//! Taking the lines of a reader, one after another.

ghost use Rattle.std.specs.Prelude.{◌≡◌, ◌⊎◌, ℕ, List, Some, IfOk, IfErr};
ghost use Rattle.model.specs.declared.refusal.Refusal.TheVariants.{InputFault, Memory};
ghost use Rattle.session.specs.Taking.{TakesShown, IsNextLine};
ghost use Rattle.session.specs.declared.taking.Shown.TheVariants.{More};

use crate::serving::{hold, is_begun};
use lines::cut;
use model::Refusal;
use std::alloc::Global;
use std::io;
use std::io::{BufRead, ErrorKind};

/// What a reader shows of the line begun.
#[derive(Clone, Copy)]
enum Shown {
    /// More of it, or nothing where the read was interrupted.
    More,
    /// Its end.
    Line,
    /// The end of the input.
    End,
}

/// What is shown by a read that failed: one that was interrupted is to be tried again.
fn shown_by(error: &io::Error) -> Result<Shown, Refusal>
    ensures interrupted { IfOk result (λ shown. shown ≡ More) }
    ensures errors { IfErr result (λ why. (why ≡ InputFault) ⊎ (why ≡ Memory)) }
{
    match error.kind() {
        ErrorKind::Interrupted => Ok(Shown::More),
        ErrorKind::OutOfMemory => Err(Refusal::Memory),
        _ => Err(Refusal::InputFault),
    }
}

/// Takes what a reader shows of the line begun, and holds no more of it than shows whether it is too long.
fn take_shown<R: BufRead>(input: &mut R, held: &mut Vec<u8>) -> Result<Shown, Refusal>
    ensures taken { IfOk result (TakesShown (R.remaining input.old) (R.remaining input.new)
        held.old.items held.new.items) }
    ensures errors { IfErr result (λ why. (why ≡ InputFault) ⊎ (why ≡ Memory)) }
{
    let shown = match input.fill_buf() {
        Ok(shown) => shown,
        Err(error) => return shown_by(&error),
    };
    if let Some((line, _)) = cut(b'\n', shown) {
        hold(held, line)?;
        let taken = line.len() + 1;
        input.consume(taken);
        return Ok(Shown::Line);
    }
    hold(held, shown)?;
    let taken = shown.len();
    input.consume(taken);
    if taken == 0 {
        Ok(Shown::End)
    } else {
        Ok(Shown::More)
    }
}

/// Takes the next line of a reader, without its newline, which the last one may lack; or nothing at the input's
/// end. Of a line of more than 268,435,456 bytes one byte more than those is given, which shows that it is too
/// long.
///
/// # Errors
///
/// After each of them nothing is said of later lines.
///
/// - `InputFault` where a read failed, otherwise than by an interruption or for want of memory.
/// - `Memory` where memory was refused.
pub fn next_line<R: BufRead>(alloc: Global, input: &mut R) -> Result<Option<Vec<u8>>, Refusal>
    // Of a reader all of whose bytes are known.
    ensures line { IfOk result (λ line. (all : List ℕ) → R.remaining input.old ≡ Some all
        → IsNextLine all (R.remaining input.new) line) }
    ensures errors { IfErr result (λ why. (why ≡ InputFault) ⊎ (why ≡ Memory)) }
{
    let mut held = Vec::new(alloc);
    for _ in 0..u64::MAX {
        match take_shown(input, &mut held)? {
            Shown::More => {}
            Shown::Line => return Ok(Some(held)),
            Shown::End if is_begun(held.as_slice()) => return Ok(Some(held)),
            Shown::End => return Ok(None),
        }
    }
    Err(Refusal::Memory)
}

------------------------------------------------

### [WHAT THE TASK ASKS]
Taking care to miss no line, set down the whole listing above exactly.

### [OUTPUT FOR THIS TASK]
//! Taking the lines of a reader, one after another.

ghost use Rattle.std.specs.Prelude.{◌≡◌, ◌⊎◌, ℕ, List, Some, IfOk, IfErr};
ghost use Rattle.model.specs.declared.refusal.Refusal.TheVariants.{InputFault, Memory};
ghost use Rattle.session.specs.Taking.{TakesShown, IsNextLine};
ghost use Rattle.session.specs.declared.taking.Shown.TheVariants.{More};

use crate::serving::{hold, is_begun};
use lines::cut;
use model::Refusal;
use std::alloc::Global;
use std::io;
use std::io::{BufRead, ErrorKind};

/// What a reader shows of the line begun.
#[derive(Clone, Copy)]
enum Shown {
    /// More of it, or nothing where the read was interrupted.
    More,
    /// Its end.
    Line,
    /// The end of the input.
    End,
}

/// What is shown by a read that failed: one that was interrupted is to be tried again.
fn shown_by(error: &io::Error) -> Result<Shown, Refusal>
    ensures interrupted { IfOk result (λ shown. shown ≡ More) }
    ensures errors { IfErr result (λ why. (why ≡ InputFault) ⊎ (why ≡ Memory)) }
{
    match error.kind() {
        ErrorKind::Interrupted => Ok(Shown::More),
        ErrorKind::OutOfMemory => Err(Refusal::Memory),
        _ => Err(Refusal::InputFault),
    }
}

/// Takes what a reader shows of the line begun, and holds no more of it than shows whether it is too long.
fn take_shown<R: BufRead>(input: &mut R, held: &mut Vec<u8>) -> Result<Shown, Refusal>
    ensures taken { IfOk result (TakesShown (R.remaining input.old) (R.remaining input.new)
        held.old.items held.new.items) }
    ensures errors { IfErr result (λ why. (why ≡ InputFault) ⊎ (why ≡ Memory)) }
{
    let shown = match input.fill_buf() {
        Ok(shown) => shown,
        Err(error) => return shown_by(&error),
    };
    if let Some((line, _)) = cut(b'\n', shown) {
        hold(held, line)?;
        let taken = line.len() + 1;
        input.consume(taken);
        return Ok(Shown::Line);
    }
    hold(held, shown)?;
    let taken = shown.len();
    input.consume(taken);
    if taken == 0 {
        Ok(Shown::End)
    } else {
        Ok(Shown::More)
    }
}

/// Takes the next line of a reader, without its newline, which the last one may lack; or nothing at the input's
/// end. Of a line of more than 268,435,456 bytes one byte more than those is given, which shows that it is too
/// long.
///
/// # Errors
///
/// After each of them nothing is said of later lines.
///
/// - `InputFault` where a read failed, otherwise than by an interruption or for want of memory.
/// - `Memory` where memory was refused.
pub fn next_line<R: BufRead>(alloc: Global, input: &mut R) -> Result<Option<Vec<u8>>, Refusal>
    // Of a reader all of whose bytes are known.
    ensures line { IfOk result (λ line. (all : List ℕ) → R.remaining input.old ≡ Some all
        → IsNextLine all (R.remaining input.new) line) }
    ensures errors { IfErr result (λ why. (why ≡ InputFault) ⊎ (why ≡ Memory)) }
{
    let mut held = Vec::new(alloc);
    for _ in 0..u64::MAX {
        match take_shown(input, &mut held)? {
            Shown::More => {}
            Shown::Line => return Ok(Some(held)),
            Shown::End if is_begun(held.as_slice()) => return Ok(Some(held)),
            Shown::End => return Ok(None),
        }
    }
    Err(Refusal::Memory)
}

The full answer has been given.